Имелись и другие доказательства. Заявление миссис Уилкокс, что «на паркете повсюду были следы», свели к одной длинной, но неглубокой двойной царапине в гостиной у входа. Однако это была весьма важная царапина. Она осталась от каблуков Эмили Винсон, а на них обнаружили частицы мастики для полов, которой пользовались в доме. Не на подошвах, а на боковых поверхностях ободранных каблуков. А в царапине на паркете нашли следы ее обувного крема.

Для дачи показаний вызвали также специалиста по отпечаткам пальцев. До того момента я не задумывался о том, что подобные специалисты обычно бывают штатскими. Унылая, наверное, работа постоянно и дотошно обследовать поверхности в поисках сплетений и завитков, выдающих преступника. Вредно для глаз. В данном случае знаменательным оказался факт, что не было обнаружено вообще никаких отпечатков. Газовые краны были тщательно протерты. Я увидел, как присяжные буквально вскинулись при этой новости. Это было явной ошибкой преступника. Обвинению не следовало указывать на то, что на кранах должны были остаться отпечатки миссис Винсон. В конце концов, ведь это она готовила еду для гостей. Более опытный убийца просто надел бы перчатки, существовавшие отпечатки он бы, конечно, смазал, однако был бы уверен, что не оставил своих. Протирать газовые краны было чрезмерной предосторожностью.
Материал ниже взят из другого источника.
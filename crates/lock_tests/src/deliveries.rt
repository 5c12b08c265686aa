//! Each call that hands out envelopes delivers them without the lock: the transport waits until another thread has made a
//! call on the same core.
ghost use Rattle.std.specs.Prelude.{◌≡◌, true, IfOk};
ghost use Rattle.sentry_lock.specs.ValueCalls.{is_ordinary_call};

use crate::calling::Asks;
use crate::workshop::{Held, capture_event, capture_log, event, fresh, options};
use sentry_base::protocol::{
    Envelope, EnvelopeItem, ErrorLink, HubKey, Level, Log, LogLevel, Refusal, SessionStatus,
    SpanId, TraceId, TransactionKey,
};
use sentry_batches::metrics::{IntoProtocolMetric, counter};
use sentry_calls::call::{Call, HubCall};
use sentry_lock::{Client, CoreLock, SharedCore};
use sentry_plain::Boxed;
use sentry_scope::{Scope, ScopeEdit};
use sentry_trace::performance::TransactionContext;
use std::alloc::Global;
use std::sync::{Arc, Wait};
use std::test::Fail;
use std::thread::{Threads, join, yield_now};

/// Counts the calls during which the transport was not asked.
#[derive(Drop)]
struct Steps<'a, R: Wait + Drop> {
    asks: &'a Asks<R>,
    begun: u64,
    silent: u64,
}

impl<R: Wait + Drop> Steps<'_, R> {
    /// A call begins. What the transport was asked before doesn't count for it.
    fn begin_step(&mut self) {
        self.begun = self.asks.begun();
    }

    /// A call has ended.
    fn end_step(&mut self) {
        let begun = self.asks.begun();
        if begun == self.begun {
            self.silent = self.silent.wrapping_add(1);
        }
        self.begun = begun;
    }
}

/// Looks at the client for each call of the transport, until no more come.
fn look_each_time<R: Wait + Drop, L: CoreLock>(
    client: &Client<L>,
    asks: &Asks<R>,
) -> Result<(), Refusal> {
    for _ in asks.rt.forever() {
        if asks.is_asking() {
            client.is_enabled()?;
            asks.answer();
        } else if asks.is_over() {
            return Ok(());
        }
        yield_now();
    }
    Ok(())
}

fn new_scope<L: CoreLock>(core: &SharedCore<L>) -> Scope<L::Processor> {
    Scope::new(core.allocator(), TraceId([1; 16]), SpanId([2; 8]))
}

/// Events of a hub.
fn capture_events<R: Wait + Drop, L: CoreLock>(
    core: &SharedCore<L>,
    hub: HubKey,
    steps: &mut Steps<'_, R>,
) -> Result<(), Refusal> {
    let alloc = core.allocator();
    core.lock_hub(hub)
        .capture_event(event(alloc, 1)?, fresh(1))?;
    steps.end_step();
    core.lock_hub(hub)
        .capture_message("m", Level::Info, fresh(2))?;
    steps.end_step();
    let links = [ErrorLink::new(alloc, "Odd", "it is odd")?];
    core.lock_hub(hub)
        .capture_error(links.as_slice(), fresh(3))?;
    steps.end_step();
    core.lock_hub(hub)
        .capture_log(Log::new(alloc, LogLevel::Info, "x", 1)?)?;
    steps.end_step();
    core.lock_hub(hub)
        .capture_metric(counter(alloc, "c", 1)?.into_draft(), 1)?;
    steps.end_step();
    Ok(())
}

/// Calls on a client, and calls as values.
fn call_client<R: Wait + Drop, L: CoreLock>(
    client: &Client<L>,
    hub: HubKey,
    steps: &mut Steps<'_, R>,
) -> Result<(), Refusal> {
    let core = client.core();
    let alloc = core.allocator();
    capture_event(client, 4)?;
    steps.end_step();
    capture_log(client)?;
    steps.end_step();
    client.capture_metric(counter(alloc, "c", 1)?, &new_scope(core), 1)?;
    steps.end_step();
    let mut envelope = Envelope::new(alloc);
    envelope.add_item(EnvelopeItem::Event(Boxed::new(alloc, event(alloc, 5)?)?))?;
    client.send_envelope(envelope)?;
    steps.end_step();
    core.call(log_call(core, hub)?)?;
    steps.end_step();
    let mut calls = Vec::with_capacity(alloc, 1)?;
    calls.push_reserved(log_call(core, hub)?);
    core.call_all(calls)?;
    steps.end_step();
    Ok(())
}

fn log_call<L: CoreLock>(
    core: &SharedCore<L>,
    hub: HubKey,
) -> Result<Call<L::Processor, L::Callbacks>, Refusal>
    ensures { IfOk result (λ call. is_ordinary_call call ≡ true) }
{
    let log = Boxed::new(
        core.allocator(),
        Log::new(core.allocator(), LogLevel::Info, "x", 1)?,
    )?;
    Ok(Call::Hub(HubCall::CaptureLog { hub, log }))
}

/// Transactions, which are finished on a hub.
fn finish_transactions<R: Wait + Drop, L: CoreLock>(
    core: &SharedCore<L>,
    hub: HubKey,
    steps: &mut Steps<'_, R>,
) -> Result<(), Refusal> {
    let first = start_transaction(core, hub)?;
    core.finish_transaction(first, hub, 2)?;
    steps.end_step();
    let second = start_transaction(core, hub)?;
    core.end_transaction(second, hub, 2)?;
    steps.end_step();
    Ok(())
}

fn start_transaction<L: CoreLock>(
    core: &SharedCore<L>,
    hub: HubKey,
) -> Result<TransactionKey, Refusal> {
    let context = TransactionContext::new(
        core.allocator(),
        "t",
        "op",
        TraceId([5; 16]),
        SpanId([6; 8]),
    )?;
    core.lock_hub(hub).start_transaction(context, fresh(1))
}

/// Queues one session less than an envelope holds, and starts another, so that the next end hands an envelope out. No
/// session waits before.
fn fill_sessions<L: CoreLock>(core: &SharedCore<L>, hub: HubKey) -> Result<(), Refusal> {
    for _ in 0..99 {
        core.lock_hub(hub).start_session(fresh(1))?;
        core.lock_hub(hub)
            .end_session_with_status(SessionStatus::Exited, 1)?;
    }
    core.lock_hub(hub).start_session(fresh(1))
}

/// Ends and starts of sessions on a hub, each with a full queue. The last one goes on.
fn end_sessions<R: Wait + Drop, L: CoreLock>(
    core: &SharedCore<L>,
    hub: HubKey,
    steps: &mut Steps<'_, R>,
) -> Result<(), Refusal> {
    fill_sessions(core, hub)?;
    steps.begin_step();
    core.lock_hub(hub)
        .end_session_with_status(SessionStatus::Exited, 2)?;
    steps.end_step();
    fill_sessions(core, hub)?;
    steps.begin_step();
    core.lock_hub(hub)
        .end_active_session(SessionStatus::Exited, 2)?;
    steps.end_step();
    fill_sessions(core, hub)?;
    steps.begin_step();
    core.lock_hub(hub).start_session(fresh(3))?;
    steps.end_step();
    fill_sessions_from_one(core, hub)?;
    steps.begin_step();
    core.lock_hub(hub).start_active_session(fresh(3))?;
    steps.end_step();
    Ok(())
}

// The same where a session goes on already.
fn fill_sessions_from_one<L: CoreLock>(core: &SharedCore<L>, hub: HubKey) -> Result<(), Refusal> {
    for _ in 0..99 {
        core.lock_hub(hub).start_session(fresh(1))?;
    }
    Ok(())
}

/// Ends of sessions with their layers: by an edit, a pop and a release of the hub.
fn drop_layers<R: Wait + Drop, L: CoreLock>(
    client: &Client<L>,
    steps: &mut Steps<'_, R>,
) -> Result<(), Refusal> {
    let core = client.core();
    let hub = core.new_hub(Some(client.key()), new_scope(core))?;
    fill_sessions(core, hub)?;
    let clears = ScopeEdit::Clear(TraceId([1; 16]), SpanId([2; 8]));
    let mut edits = Vec::with_capacity(core.allocator(), 1)?;
    edits.push_reserved(clears);
    steps.begin_step();
    core.lock_hub(hub).configure(edits, 2)?;
    steps.end_step();
    pop_last(core, hub, steps)?;
    fill_sessions(core, hub)?;
    steps.begin_step();
    core.lock_hub(hub).release_hub(3)?;
    steps.end_step();
    Ok(())
}

// A pop that ends the session of its layer.
fn pop_last<R: Wait + Drop, L: CoreLock>(
    core: &SharedCore<L>,
    hub: HubKey,
    steps: &mut Steps<'_, R>,
) -> Result<(), Refusal> {
    let guard = core.push_scope(hub)?;
    let filled = fill_sessions(core, hub);
    steps.begin_step();
    let popped = core.pop_scope(guard, 2);
    steps.end_step();
    if let Err((refusal, guard)) = popped {
        let (_hub, _depth) = guard.into_parts();
        return Err(refusal);
    }
    filled
}

/// What ends the queues of a client: a log waits before each.
fn end_queues<R: Wait + Drop, L: CoreLock>(
    client: &Client<L>,
    steps: &mut Steps<'_, R>,
) -> Result<(), Refusal> {
    capture_log(client)?;
    steps.begin_step();
    client.tick(5_000_000_000)?;
    steps.end_step();
    capture_log(client)?;
    steps.begin_step();
    client.drop_client()?;
    steps.end_step();
    Ok(())
}

/// All of them, and then a flush and a close. Answers during how many the transport was not asked.
fn call_all<R: Wait + Drop, L: CoreLock>(
    client: &Client<L>,
    batching: &Client<L>,
    asks: &Asks<R>,
) -> Result<u64, Refusal> {
    let core = client.core();
    let hub = core.new_hub(Some(client.key()), new_scope(core))?;
    let mut steps = Steps {
        asks,
        begun: 0,
        silent: 0,
    };
    capture_events(core, hub, &mut steps)?;
    call_client(client, hub, &mut steps)?;
    finish_transactions(core, hub, &mut steps)?;
    end_sessions(core, hub, &mut steps)?;
    drop_layers(client, &mut steps)?;
    end_queues(batching, &mut steps)?;
    client.flush(Some(1))?;
    steps.end_step();
    client.close(Some(1))?;
    steps.end_step();
    Ok(steps.silent)
}

// The transport's calls end when the calls do, also if one of these was refused.
fn call_and_end<R: Wait + Drop, L: CoreLock>(
    client: &Client<L>,
    batching: &Client<L>,
    asks: &Asks<R>,
) -> Result<u64, Refusal> {
    let silent = call_all(client, batching, asks);
    asks.end();
    silent
}

fn call_in_two_threads<R: Threads + Wait + Sync + Drop, L: CoreLock + Send + Sync + 'static>(
    rt: &R,
    client: &Client<L>,
    batching: &Client<L>,
    asks: &Asks<R>,
) -> Result<u64, Refusal>
where
    L::Processor: Send + Sync + 'static,
    L::Callbacks: Send + Sync + 'static,
    L::Transport: Send + Sync + 'static,
{
    let (silent, looked) = join(
        rt,
        || call_and_end(client, batching, asks),
        || look_each_time(client, asks),
    );
    looked?;
    silent
}

#[test]
fn each_call_delivers_without_the_lock(rt: HostRuntime) -> Result<(), Fail> {
    let alloc: Global = rt.alloc();
    let asks = Arc::new(alloc, Asks::new(rt))?;
    let options_of_one = options(alloc, false)?
        .release("r")?
        .traces_sample_rate(1_000_000)?
        .max_batch_items(1);
    let held = Held::new(rt, alloc, options_of_one, Some(asks.clone()?))?;
    let core = held.client.core();
    let batching = Held::on(core, options(alloc, false)?, Some(asks.clone()?))?;
    let silent = call_in_two_threads(&rt, &held.client, &batching.client, &asks)?;
    assert_eq!(rt; silent, 0);
    Ok(())
}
Эмили Винсон, тихая, расстроенная, но любезная, с явной неохотой свидетельствующая против мужа, держалась на свидетельском месте весьма уверенно. Я с трудом узнавал ее. Нет, она не сообщала мужу, что они с миссис Уилкокс договорились вскоре после девяти часов вместе посмотреть телевизор. Миссис Уилкокс, жившая неподалеку, всегда по средам приходила провести с ней часа два, когда мистер Винсон отправлялся в свой шахматный клуб. Нет, она предпочитала не рассказывать об этом мистеру Винсону. Он не любил, чтобы в дом приглашали посторонних. Смысл этого сообщения дошел до присяжных так же ясно, как если бы она открыто сформулировала его. Перед ними предстала картина: затравленная, малообразованная жена, тоскующая по человеческому общению, в котором муж ей отказывал, виновато смотрит популярное телешоу со своей прислугой, когда уверена, что муж их не застигнет. Я взглянул на неподвижное, словно маска, гордое, непреклонное выражение лица Винсона, на его руки, стиснутые над перилами барьера, и вообразил себе, что́ он мог думать в тот момент и сказать: «Разумеется, у тебя достаточно возможностей пообщаться с миссис Уилкокс и послушать ее разговоры, не слишком, полагаю, интересные, и без того, чтобы приглашать ее в свою гостиную. Эта женщина должна знать свое место».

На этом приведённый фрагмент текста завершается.